眼前的青年在暗色的光影中看不清面容,屏幕莹白的光映照出他下颌柔和的线条,仿佛造物者的恩赐,唐吉画了这么多年的人体,也只在纸上见过这样毫无瑕疵的面部轮廓。
他吞咽口水,才恍然反应过来青年问题的奇怪:「呃,简单来说,就是我相信这世界上不会存在灵异事件,或者无法用科学解释的事情......」
慎无真点点头,却被唐吉的目光刺得闭了嘴。
不知道从什么时候开始,他总会招惹一些人的注意,回家的路上总有人在尾随,有时候门口也被人做了些隐蔽的记号,为此搬了好几回家。
「抱歉.....」慎无真还是开口,声音淡下来,「我不太喜欢和陌生人这么近的距离说话。」
唐吉一愣,这才发现自己几乎已经半跪在了慎无真的身边,再往前就能碰到这个青年的腿,他立即说了声「抱歉」,退后一步站在慎无真的旁边。可每一寸距离的拉开,就像心口被剜去了什么东西一样难忍。他不适地伸手调整背包,嘴里漫无目的地解释。
「我....有些紧张.....和害怕。」
「你也是吧?」
他问:「我...可以知道你的名字吗?」或许,他将这种感觉归功于无知恐惧之下的强烈依赖。

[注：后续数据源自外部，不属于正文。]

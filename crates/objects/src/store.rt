// The store: the tables with what always holds of them.
ghost use Rattle.objects.specs.Kept.{ObjectsFew, RecordsFew, FramesFew, TopsLive, ChainsEnd, OwnersLive, OwnersApart, AllSettled};

use crate::tables::Tables;

// Up to 256 sharing records, their memory objects, and up to 128 frames.
#[derive(Clone, Copy)]
pub struct Store {
    pub(crate) tables: Tables,
    ghost objects: { ObjectsFew tables },
    ghost records: { RecordsFew tables },
    ghost frames: { FramesFew tables },
    ghost tops: { TopsLive tables },
    ghost chains: { ChainsEnd tables },
    ghost owners: { OwnersLive tables },
    ghost apart: { OwnersApart tables },
    ghost settled: { AllSettled tables },
}
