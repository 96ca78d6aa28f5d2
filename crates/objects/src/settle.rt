// Freeing and collapsing objects once they have lost a reference.
ghost use Rattle.std.specs.Prelude.{◌≡◌, ℕ, ◌<◌, ◌≤◌, true, length, slice_set};
ghost use Rattle.chains.specs.declared.Backing.TheVariants.{Free};
ghost use Rattle.chains.specs.Rows.{live};
ghost use Rattle.chains.specs.Walks.{dropped, lifted};
ghost use Rattle.objects.specs.View.{backing, owner_of, weight_of, FormedTables, OthersSettled, SettledFrom};

use crate::frames::{drop_frames, lift_frames};
use crate::scan::upper;
use crate::tables::Tables;
use chains::Backing;

impl Tables {
    // Collapses `lower` into `upper`: its pages that `upper` lacks move up, and `upper` takes over its backing.
    fn collapse(&mut self, lower: u16, upper: u16)
        requires lower { lower < 511 }
        requires upper { upper < 511 }
        ensures rows { length self.old.objects ≡ 511 }
        ensures records { self.new.records ≡ self.old.records }
        ensures objects { self.new.objects ≡ slice_set (slice_set self.old.objects lower Free) upper (backing self.old lower) }
        ensures frames { (s : ℕ) → owner_of self.new s ≡ lifted 128 (owner_of self.old) lower upper (owner_of self.old s) }
    {
        let backing = self.objects[lower as usize].give_up();
        self.objects[upper as usize].take_over(backing);
        lift_frames(&mut self.frames, lower, upper);
    }

    // Frees an object and its frames. What its row was.
    fn free(&mut self, object: u16) -> Backing
        requires { object < 511 }
        ensures rows { length self.old.objects ≡ 511 }
        ensures row { result ≡ backing self.old object }
        ensures records { self.new.records ≡ self.old.records }
        ensures objects { self.new.objects ≡ slice_set self.old.objects object Free }
        ensures frames { (s : ℕ) → owner_of self.new s ≡ dropped object (owner_of self.old s) }
    {
        let row = self.objects[object as usize].give_up();
        drop_frames(&mut self.frames, object);
        row
    }

    // Collapses an object that no record names into the only object that shadows it, if it has but one.
    fn settle(&mut self, object: u16)
        requires formed { FormedTables self.old }
        requires others { OthersSettled self.old object }
        requires referred { 1 ≤ weight_of self.old object }
        ensures { SettledFrom self.old self.new }
    {
        if self.weight(object) != 1 {
            return;
        }
        let shadow = upper(&self.objects, object).unwrap();
        self.collapse(object, shadow);
    }

    // Frees an object that has lost its last reference, or settles it; and settles what a freed one shadowed.
    pub(crate) fn forget(&mut self, object: u16)
        requires formed { FormedTables self.old }
        requires others { OthersSettled self.old object }
        requires live { live (backing self.old object) ≡ true }
        ensures { SettledFrom self.old self.new }
    {
        if self.weight(object) != 0 {
            self.settle(object);
            return;
        }
        if let Backing::Shadow(lower) = self.free(object) {
            self.settle(lower);
        }
    }
}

慎无真抿唇,唐吉的适当离开让他情绪好了些:「慎无真。」
他们的交谈似乎没有引起公交车上其他任何人的反应,唐吉感受到慎无真的目光,壮着胆子开口:「我....我去问问其他人。」
此刻的唐吉像个忠诚的骑士,慎无真只需要一个眼神,他就能理解其中的含义,并立即执行。
慎无真熟悉这种感觉,同时也将袖子里的匕首握入手中。
先是表达好感,再无条件地讨好、帮忙,接下去是尾随和试图占有,最后则是杀害.....那些可怕的、狂热的人对待他的套路。
他握紧匕首,以备不时之需。
唐吉很快回来,语气中带着惊恐:「他们,他们都是假的!」
「他们都只是一个黑色的影子.....就连司机也是,车子是自己在往前开!」唐吉惊魂未定,「这辆车上.....只有我们两个活人!」
不知道为什么,这话让慎无真想起来那个扶了他一把的人,他能确定,那是个真人。
但他一向谨慎,这话并没有对唐吉说,见青年僵硬地抱头坐在了自己身后的座椅上,手里的匕首鬆了些。
公交车依旧匀速地往前行驶,副驾驶的顶上有个电子钟,显示23:13分。
还没有到半夜12点,看上去这辆车的目的地就是quinta del sordo俱乐部。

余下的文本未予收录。